孔令仪愣了愣,眼中多了几分震惊之色:“殿下认识民女的母亲?”
“有过几面之缘。”
“殿下可否跟民女说说,母亲究竟是个什么样的人?”孔令仪知道她这番话属实是有些唐突了,可她实在想知道有关母亲的事情。
母亲在她没有记忆的时候就去世了,对于母亲的形象孔令仪无疑是陌生的,父亲从不对她提起母亲,她怕引得父亲伤心也从未过问。
如今能窥探到母亲的一角,如何能令她不激动。
秦妤弯了眉眼,调笑道:“怎么,如今倒不着急了?”
孔令仪有些羞怯,但一双眼睛却固执的盯着秦妤。
秦妤无奈的摇了摇头,温声道:“令堂是个很温柔的人,太师每每训斥学生,她都会在一旁温声细语的劝说,帮学生免于责打,还会给学生做各式各样的糕点……”
孔令仪的注意力都在秦妤说的话上,并未注意到,秦妤说这话的时候,眼底多了些许感怀之意。
从未有人跟她提起过母亲,孔令仪听得聚精会神,竟然没有想过秦妤为什么会知道如此多的关于母亲的事情。
秦妤看着面前神情逐渐激动的小姑娘,像是透过她看到了那个典雅端方,为人和善的孔夫人。
抬眼看了眼天色,秦妤止住了话头:“你若爱听这些,改日本宫再与你细说,时间不早了,你若再不回去,太师怕是该着急了。”
孔令仪眼底闪过几分失落,随即她敛了神色,正色道:“不知殿下府上可有一间属于民女的客房?”
听出了她的言外之意,秦妤眸色暗了暗,沉声道:“踏上这条路就注定了不能回头,姑娘当真想好了?”
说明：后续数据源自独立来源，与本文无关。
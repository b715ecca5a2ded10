//! The laws.
ghost use Rattle.std.specs.Prelude.{◌≡◌, ℕ, List, Bool, Some};
ghost use Rattle.rsvp_base.specs.declared.addr.Addr.{Addr};
ghost use Rattle.rsvp_base.specs.Members.{In};
ghost use Rattle.rsvp_messages.specs.declared.message.Message.{Message};
ghost use Rattle.calm_rounds.specs.Hold.{Hold, Visited};
ghost use Rattle.calm_rounds.specs.Rounds.{Rounds};
ghost use Rattle.network_model.specs.RouterRules.Inputs.{Spelt};
ghost use Rattle.network_model.specs.Bounds.{AreBounds, AreHosts};
ghost use Rattle.network_model.specs.Runs.{Plan, first_world, steps_of_run};
ghost use Rattle.network_model.specs.Steps.{Step, machine, sent, step};
ghost use Rattle.network_model.specs.Worlds.{Item, World};
ghost use Rattle.laws_network.specs.Beginning.{APlanIsFit, IsFitPlan};
ghost use Rattle.laws_network.specs.Example.{APairStaysWithinBounds};
ghost use Rattle.laws_network.specs.Hops.{LeavesBy, hop_of};
ghost use Rattle.laws_network.specs.HowManySend.{HowManySend};
ghost use Rattle.laws_network.specs.Keeping.{IsFitStep};
ghost use Rattle.laws_network.specs.Known.{IsSameNet};
ghost use Rattle.laws_network.specs.Rounds.{RoundsIsCalm};
ghost use Rattle.laws_network.specs.Runs.{AreFitSenders, IsFitRun};

/// The command `rounds n` is n calm rounds, one after the other.
pub fn rounds_is_calm()
    ensures { (q n : ℕ) (w : World) → RoundsIsCalm q n w }
{}

/// The first world of a script is within bounds, where the script has a period and a valid network, and what is left over at
/// each node is fit there: it lives no longer than what was just refreshed, and has the shape of that.
pub fn the_first_world_is_within_bounds()
    ensures { (p : Plan) → IsFitPlan p → AreBounds p.quarter (first_world p) }
{}

/// So is each world of the run of a script, where what its events call, inject and reroute is fit besides.
pub fn each_world_of_a_run_is_within_bounds()
    ensures { (p : Plan) → IsFitRun p → Visited (machine p.quarter) (AreBounds p.quarter) (steps_of_run p) (first_world p) }
{}

/// Where few senders send at each point of the events, each to a group, the local senders of each world of the run keep what
/// "paths are complete" asks of them: each has an address of its node and sends to a group, and they are few.
pub fn each_world_of_a_run_keeps_the_locals()
    ensures { (p : Plan) → IsFitRun p → AreFitSenders p → Visited (machine p.quarter) (λ u. AreBounds p.quarter u × AreHosts u) (steps_of_run p) (first_world p) }
{}

/// "At each point" counts those who send then: any number of senders may send one after another, each dropped before the next,
/// and 17 of a session at once are too many.
pub fn how_many_may_send()
    ensures { HowManySend }
{}

/// Each step keeps a world within bounds, whatever step it is, where its piece, its call, its injected datagram or its new
/// tree is fit.
pub fn each_step_keeps_a_world_within_bounds()
    ensures { (q : ℕ) (w : World) (s : Step) → IsFitStep q w s → AreBounds q w → AreBounds q (step q s w) }
{}

/// So each world of a stretch of calm rounds is within bounds where the first one is.
pub fn calm_rounds_keep_bounds()
    ensures { (q : ℕ) (w : World) (rs : List (List Step)) → Rounds (machine q) rs w → AreBounds q w → Hold (machine q) 0 rs w (AreBounds q) }
{}

/// Calm rounds keep the network, its routes, and what its hosts ask of it: who sends, and what is wanted, but for marks of
/// confirmations. So wants, goals and demands are those of the first world all the while.
pub fn calm_rounds_keep_what_is_asked()
    ensures { (q : ℕ) (w : World) (rs : List (List Step)) → Rounds (machine q) rs w → AreBounds q w → Hold (machine q) 0 rs w (IsSameNet w) }
{}

/// The RSVP_HOP of each Path, PathTear, Resv, ResvTear and ResvErr that a node sends, by whatever step, has the address of
/// the end of its node by which it leaves.
pub fn the_hop_of_what_is_sent()
    ensures { (q : ℕ) (s : Step) (w : World) (y : Item) (mark : Bool) (m : Message) (a : Addr) → In (y, mark) (sent q s w) → y.arrival ≡ Spelt m → hop_of m ≡ Some a → LeavesBy q s w (y, mark) a }
{}

/// A small network is within bounds, and stays so through a round.
pub fn a_pair_stays_within_bounds()
    ensures { APairStaysWithinBounds }
{}

/// A script of a small network with a left-over reservation is such a one, and its first world has that reservation.
pub fn a_plan_is_fit()
    ensures { APlanIsFit }
{}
“殿下所想亦是令仪所愿,就算当真遗臭万年,令仪也不会后悔。”孔令仪定定的看着秦妤,眸色坚定,没有丝毫退缩之意。
秦妤笑了,对着孔令仪举了举茶盏:“姑娘好气魄,本宫以茶代酒,敬姑娘一杯。”
“殿下过誉了,令仪此举比不得殿下十之一二。”孔令仪是发自内心赞叹,同为女性,她很清楚,秦妤走到如今这个位置,究竟受了多少苦难和白眼。
日头偏西,吹拂的清风带着阵阵凉意,秦妤缓缓起身,伸手对孔令仪做了一个请的手势:“天色已晚,姑娘一个人回去怕是不安全,本宫送姑娘回府如何?”
“不必劳烦殿下,殿下好意令仪心领了。”孔令仪推辞道。